> **Data listing**:
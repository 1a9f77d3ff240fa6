//! What files with damaged fields are refused for, and what they tell of addresses and offsets.

use crate::elf::made::with_symbols;
use bz_base::{Error, FindSymOpts, Reason, ResolvedSym, Symbolize, TranslateFileOffset};
use bz_elf::ElfFile;
use bz_samples::{ELF_FUNCTION, damaged};
use std::alloc::{AllocError, Global};

/// A symbol's name, start and size; or why there is none.
pub(crate) type Told = (&'static str, u64, Option<usize>, Option<Reason>);

pub(crate) const F: Told = ("f", 0x400080, Some(16), None);

const UNNAMED: Told = ("", 0x400080, Some(16), None);

pub(crate) const UNKNOWN: Told = ("", 0, None, Some(Reason::UnknownAddr));

const MISSING: Told = ("", 0, None, Some(Reason::MissingSyms));

/// How a file is refused, if it is; what it tells of addresses; and the addresses of its bytes at file
/// offsets.
type Look = (
    Option<Error>,
    &'static [(u64, Told)],
    &'static [(u64, Option<u64>)],
);

const TAKEN: Look = (None, &[], &[]);

const BAD: Look = (Some(Error::InvalidData), &[], &[]);

const OTHER: Look = (Some(Error::Unsupported), &[], &[]);

/// A place in the file, the bytes that stand from there on, and what it is then.
type Row = (usize, &'static [u8], Look);

/// Each field is 0, its greatest value, the last one that the bytes hold, and one past that.
static FIELDS: [Row; 83] = [
    // The number in front, the class and the order of bytes; the version isn't looked at.
    (0, b"\0\0\0\0", BAD),
    (0, b"\xff\xff\xff\xff", BAD),
    (0, b"\x7fELG", BAD),
    (4, b"\0", OTHER),
    (4, b"\xff", OTHER),
    (4, b"\x01", OTHER),
    (5, b"\0", OTHER),
    (5, b"\xff", OTHER),
    (5, b"\x02", OTHER),
    (6, b"\xff", TAKEN),
    // Place, size and count of the program headers.
    (32, b"\0\0\0\0\0\0\0\0", TAKEN),
    (32, b"\xff\xff\xff\xff\xff\xff\xff\xff", BAD),
    (32, b"\x38\x01", TAKEN),
    (32, b"\x39\x01", BAD),
    (54, b"\0\0", BAD),
    (54, b"\xff\xff", BAD),
    (54, b"\x39\0", BAD),
    (56, b"\0\0", TAKEN),
    (56, b"\xff\xff", BAD),
    (56, b"\x05\0", TAKEN),
    (56, b"\x06\0", BAD),
    // Place, size and count of the section headers: at 0 none of them is a symbol table.
    (40, b"\0\0\0\0\0\0\0\0", TAKEN),
    (40, b"\xff\xff\xff\xff\xff\xff\xff\xff", BAD),
    (40, b"\xb1", BAD),
    (58, b"\0\0", BAD),
    (58, b"\xff\xff", BAD),
    (58, b"\x41\0", BAD),
    (60, b"\0\0", BAD),
    (60, b"\xff\xff", BAD),
    (60, b"\x04\0", BAD),
    (60, b"\x02\0", BAD),
    (60, b"\x01\0", TAKEN),
    // The program header.
    (64, b"\0\0\0\0", TAKEN),
    (64, b"\xff\xff\xff\xff", TAKEN),
    (72, b"\xff\xff\xff\xff\xff\xff\xff\xff", TAKEN),
    (80, b"\xff\xff\xff\xff\xff\xff\xff\xff", TAKEN),
    (96, b"\0\0\0\0\0\0\0\0", TAKEN),
    (96, b"\xff\xff\xff\xff\xff\xff\xff\xff", TAKEN),
    // A second symbol table: of those that hold all symbols the first is looked at, and no other.
    (180, b"\x02", BAD),
    (180, b"\x0b", TAKEN),
    // Type, place, size, link and entry size of the symbol table: at 0 the head is a symbol.
    (244, b"\0\0\0\0", TAKEN),
    (244, b"\xff\xff\xff\xff", TAKEN),
    (244, b"\x0b", TAKEN),
    (264, b"\0\0\0\0\0\0\0\0", BAD),
    (264, b"\xff\xff\xff\xff\xff\xff\xff\xff", BAD),
    (264, b"\x40\x01", TAKEN),
    (264, b"\x41\x01", BAD),
    (272, b"\0\0\0\0\0\0\0\0", TAKEN),
    (272, b"\xff\xff\xff\xff\xff\xff\xff\xff", BAD),
    (272, b"\xf0", TAKEN),
    (272, b"\x08\x01", BAD),
    (272, b"\x2f", BAD),
    (280, b"\0\0\0\0", BAD),
    (280, b"\xff\xff\xff\xff", BAD),
    (280, b"\x03", BAD),
    (280, b"\x01", TAKEN),
    (296, b"\0\0\0\0\0\0\0\0", BAD),
    (296, b"\xff\xff\xff\xff\xff\xff\xff\xff", BAD),
    (296, b"\x11", BAD),
    (296, b"\x17", BAD),
    // Type, place and size of the strings: with 2 bytes the name has no zero byte.
    (308, b"\xff\xff\xff\xff", TAKEN),
    (328, b"\0\0\0\0\0\0\0\0", BAD),
    (328, b"\xff\xff\xff\xff\xff\xff\xff\xff", BAD),
    (328, b"\x6d\x01", TAKEN),
    (328, b"\x6e\x01", BAD),
    (336, b"\0\0\0\0\0\0\0\0", BAD),
    (336, b"\xff\xff\xff\xff\xff\xff\xff\xff", BAD),
    (336, b"\xc8", TAKEN),
    (336, b"\xc9", BAD),
    (336, b"\x02", BAD),
    // Name, type, section, start and size of a symbol; and a name that isn't UTF-8.
    (144, b"\0\0\0\0", TAKEN),
    (144, b"\xff\xff\xff\xff", BAD),
    (144, b"\x02", TAKEN),
    (144, b"\x03", BAD),
    (148, b"\0", TAKEN),
    (148, b"\xff", TAKEN),
    (150, b"\0\0", TAKEN),
    (150, b"\xff\xff", TAKEN),
    (152, b"\0\0\0\0\0\0\0\0", TAKEN),
    (152, b"\xff\xff\xff\xff\xff\xff\xff\xff", TAKEN),
    (160, b"\0\0\0\0\0\0\0\0", TAKEN),
    (160, b"\xff\xff\xff\xff\xff\xff\xff\xff", TAKEN),
    (169, b"\xff", BAD),
];

/// The program header and symbol 0 as two segments, with the count of both. The second is of 0x400080
/// bytes from 0 on.
const TWO_SEGMENTS: &[u8] =
    b"\x02\0\x40\0\x03\0\0\0\x01\0\0\0\0\0\0\0\0\0\0\0\0\0\0\0\0\0\x40\0\0\0\0\0\0\0\0\0\0\0\0\0\0\x02\0\0\0\0\0\0\0\0\0\0\0\0\0\0\0\0\0\0\0\0\0\0\x01";

/// What files tell of addresses, and where their bytes at offsets are loaded.
static ANSWERS: [Row; 21] = [
    (
        0,
        b"",
        (
            None,
            &[
                (0x40007f, UNKNOWN),
                (0x400080, F),
                (0x400088, F),
                (0x40008f, F),
                (0x400090, UNKNOWN),
            ],
            &[
                (0, Some(0x400000)),
                (0x88, Some(0x400088)),
                (0x1ff, Some(0x4001ff)),
                (0x200, None),
            ],
        ),
    ),
    // A function that is chosen when the file is loaded; an object, and one that is elsewhere.
    (148, b"\x1a", (None, &[(0x400088, F)], &[])),
    (148, b"\x11", (None, &[(0x400088, MISSING)], &[])),
    (150, b"\0\0", (None, &[(0x400088, MISSING)], &[])),
    // A size of 0, and ends that don't fit 64 bits.
    (
        160,
        b"\0",
        (
            None,
            &[(0x400080, ("f", 0x400080, None, None)), (0x400081, UNKNOWN)],
            &[],
        ),
    ),
    (
        160,
        b"\xff\xff\xff\xff\xff\xff\xff\xff",
        (None, &[(0x400080, UNKNOWN)], &[]),
    ),
    (
        152,
        b"\xff\xff\xff\xff\xff\xff\xff\xff",
        (None, &[(u64::MAX, UNKNOWN)], &[]),
    ),
    (
        152,
        b"\xef\xff\xff\xff\xff\xff\xff\xff",
        (
            None,
            &[(u64::MAX - 1, ("f", u64::MAX - 16, Some(16), None))],
            &[],
        ),
    ),
    // No symbol table, the symbols for linking alone, and both.
    (244, b"\0", (None, &[(0x400088, MISSING)], &[])),
    (244, b"\x0b", (None, &[(0x400088, F)], &[])),
    (180, b"\x0b", (None, &[(0x400088, F)], &[])),
    // The name is empty; other strings.
    (144, b"\x02", (None, &[(0x400088, UNNAMED)], &[])),
    (280, b"\x01", (None, &[(0x400088, UNNAMED)], &[])),
    (328, b"\x6d\x01", (None, &[(0x400088, UNNAMED)], &[])),
    // No segment, and one of another kind.
    (56, b"\0", (None, &[], &[(0x88, None)])),
    (64, b"\x02", (None, &[], &[(0x88, None)])),
    // The segment begins at 0x10.
    (
        72,
        b"\x10",
        (None, &[], &[(0xf, None), (0x20f, Some(0x4001ff))]),
    ),
    // Another load segment, with sums at the end of 64 bits and past it.
    (
        80,
        b"\xff\xff\xff\xff\xff\xff\xff\xff",
        (None, &[(0, UNKNOWN)], &[(0, Some(u64::MAX)), (0x88, None)]),
    ),
    (96, b"\0\0", (None, &[], &[(0, None)])),
    (
        96,
        b"\xff\xff\xff\xff\xff\xff\xff\xff",
        (None, &[], &[(u64::MAX - 1, None)]),
    ),
    // The first segment that has the offset.
    (
        56,
        TWO_SEGMENTS,
        (
            None,
            &[],
            &[
                (0x88, Some(0x400088)),
                (0x200, Some(0x200)),
                (0x400080, None),
            ],
        ),
    ),
];

/// Whether this is what is found, in this module, where an empty text stands for none.
fn is_told(
    found: &Result<Result<ResolvedSym<'_>, Reason>, Error>,
    module: &str,
    (name, start, size, reason): &Told,
) -> bool {
    match found {
        Ok(Ok(symbol)) => {
            *reason == None
                && symbol.name == *name
                && symbol.addr == *start
                && symbol.size == *size
                && symbol.module.is_none() == module.is_empty()
                && symbol.module.unwrap_or("") == module
        }
        Ok(Err(given)) => *reason == Some(*given),
        Err(_) => false,
    }
}

/// Whether a table tells this of an address, as of this module.
pub(crate) fn tells<T: Symbolize>(
    alloc: Global,
    table: &T,
    addr: u64,
    module: &str,
    told: &Told,
) -> bool {
    is_told(
        &table.find_sym(alloc, addr, &FindSymOpts::Basic),
        module,
        told,
    )
}

/// Whether the file looks so, and isn't to be refused.
fn looks(alloc: Global, file: &ElfFile, (refusal, answers, offsets): &Look) -> bool {
    for row in *answers {
        if !tells(alloc, file, row.0, "", &row.1) {
            return false;
        }
    }
    for row in *offsets {
        if file.file_offset_to_virt_offset(row.0) != Ok(row.1) {
            return false;
        }
    }
    *refusal == None
}

/// Whether the bytes, damaged as the row says, are a file that looks so, or are refused so.
fn shows(alloc: Global, bytes: &[u8], (place, new, look): &Row) -> bool {
    let Ok(bytes) = damaged(alloc, bytes, *place, new) else {
        return false;
    };
    match ElfFile::from_bytes(alloc, bytes) {
        Ok(file) => looks(alloc, &file, look),
        Err(error) => look.0 == Some(error),
    }
}

#[test]
fn files_are_taken_or_refused_by_fields_and_length(rt: HostRuntime) {
    let fields = &FIELDS;
    for index in 0..fields.len() {
        assert!(rt;
            shows(rt.alloc(), &ELF_FUNCTION, &fields[index]),
            "row {index}"
        );
    }
    // Class and order of bytes are looked at as soon as both stand there, before anything behind them.
    for len in 0..368usize {
        let front = &ELF_FUNCTION[..len];
        let of_32_bits = if len < 6 { BAD } else { OTHER };
        assert!(rt; shows(rt.alloc(), front, &(0, b"", BAD)), "cut at {len}");
        assert!(rt;
            shows(rt.alloc(), front, &(4, b"\x01", of_32_bits)),
            "32 bits, cut at {len}"
        );
    }
}

/// Functions in the order of a file: the place of the name, then the kind and the section, the start
/// and the size.
const FUNCTIONS: [u8; 144] = [
    // `f` from 0x40 on with 4 bytes.
    0x01, 0x00, 0x00, 0x00, 0x02, 0x00, 0x01, 0x00, 0x40, 0x00, 0x00, 0x00, 0x00, 0x00, 0x00, 0x00,
    0x04, 0x00, 0x00, 0x00, 0x00, 0x00, 0x00, 0x00,
    // `f` from 0x20 on with 8 bytes.
    0x01, 0x00, 0x00, 0x00, 0x02, 0x00, 0x01, 0x00, 0x20, 0x00, 0x00, 0x00, 0x00, 0x00, 0x00, 0x00,
    0x08, 0x00, 0x00, 0x00, 0x00, 0x00, 0x00, 0x00,
    // One without a name from 0x20 on with 2 bytes.
    0x00, 0x00, 0x00, 0x00, 0x02, 0x00, 0x01, 0x00, 0x20, 0x00, 0x00, 0x00, 0x00, 0x00, 0x00, 0x00,
    0x02, 0x00, 0x00, 0x00, 0x00, 0x00, 0x00, 0x00,
    // `f` from 0x30 on with 4 bytes.
    0x01, 0x00, 0x00, 0x00, 0x02, 0x00, 0x01, 0x00, 0x30, 0x00, 0x00, 0x00, 0x00, 0x00, 0x00, 0x00,
    0x04, 0x00, 0x00, 0x00, 0x00, 0x00, 0x00, 0x00,
    // One without a name from 0x30 on with 4 bytes.
    0x00, 0x00, 0x00, 0x00, 0x02, 0x00, 0x01, 0x00, 0x30, 0x00, 0x00, 0x00, 0x00, 0x00, 0x00, 0x00,
    0x04, 0x00, 0x00, 0x00, 0x00, 0x00, 0x00, 0x00,
    // `f` from 0x10 on with 128 bytes.
    0x01, 0x00, 0x00, 0x00, 0x02, 0x00, 0x01, 0x00, 0x10, 0x00, 0x00, 0x00, 0x00, 0x00, 0x00, 0x00,
    0x80, 0x00, 0x00, 0x00, 0x00, 0x00, 0x00, 0x00,
];

/// What the file with these functions tells of addresses.
const BY_ORDER: Look = (
    None,
    &[
        (0xf, UNKNOWN),
        (0x1f, ("f", 0x10, Some(0x80), None)),
        (0x20, ("", 0x20, Some(2), None)),
        (0x21, ("f", 0x20, Some(8), None)),
        (0x28, UNKNOWN),
        (0x30, ("f", 0x30, Some(4), None)),
        (0x31, ("", 0x30, Some(4), None)),
        (0x43, ("f", 0x40, Some(4), None)),
        (0x50, UNKNOWN),
    ],
    &[],
);

/// Whether it does so, with an empty string and `f`.
fn answers_by_order(alloc: Global) -> Result<bool, AllocError> {
    let bytes = with_symbols(alloc, &FUNCTIONS, b"\0f\0")?;
    Ok(shows(alloc, bytes.as_slice(), &(0, b"", BY_ORDER)))
}

#[test]
fn answers_by_the_nearest_symbol_and_the_first_segment(rt: HostRuntime) {
    let answers = &ANSWERS;
    for index in 0..answers.len() {
        assert!(rt;
            shows(rt.alloc(), &ELF_FUNCTION, &answers[index]),
            "row {index}"
        );
    }
    assert!(rt;
        answers_by_order(rt.alloc()) == Ok(true),
        "functions out of order"
    );
}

> **Exercise objective**: Take from the listing above each line that contains the string "index".

> **Task output**:
    for index in 0..fields.len() {
            shows(rt.alloc(), &ELF_FUNCTION, &fields[index]),
            "row {index}"
    for index in 0..answers.len() {
            shows(rt.alloc(), &ELF_FUNCTION, &answers[index]),
            "row {index}"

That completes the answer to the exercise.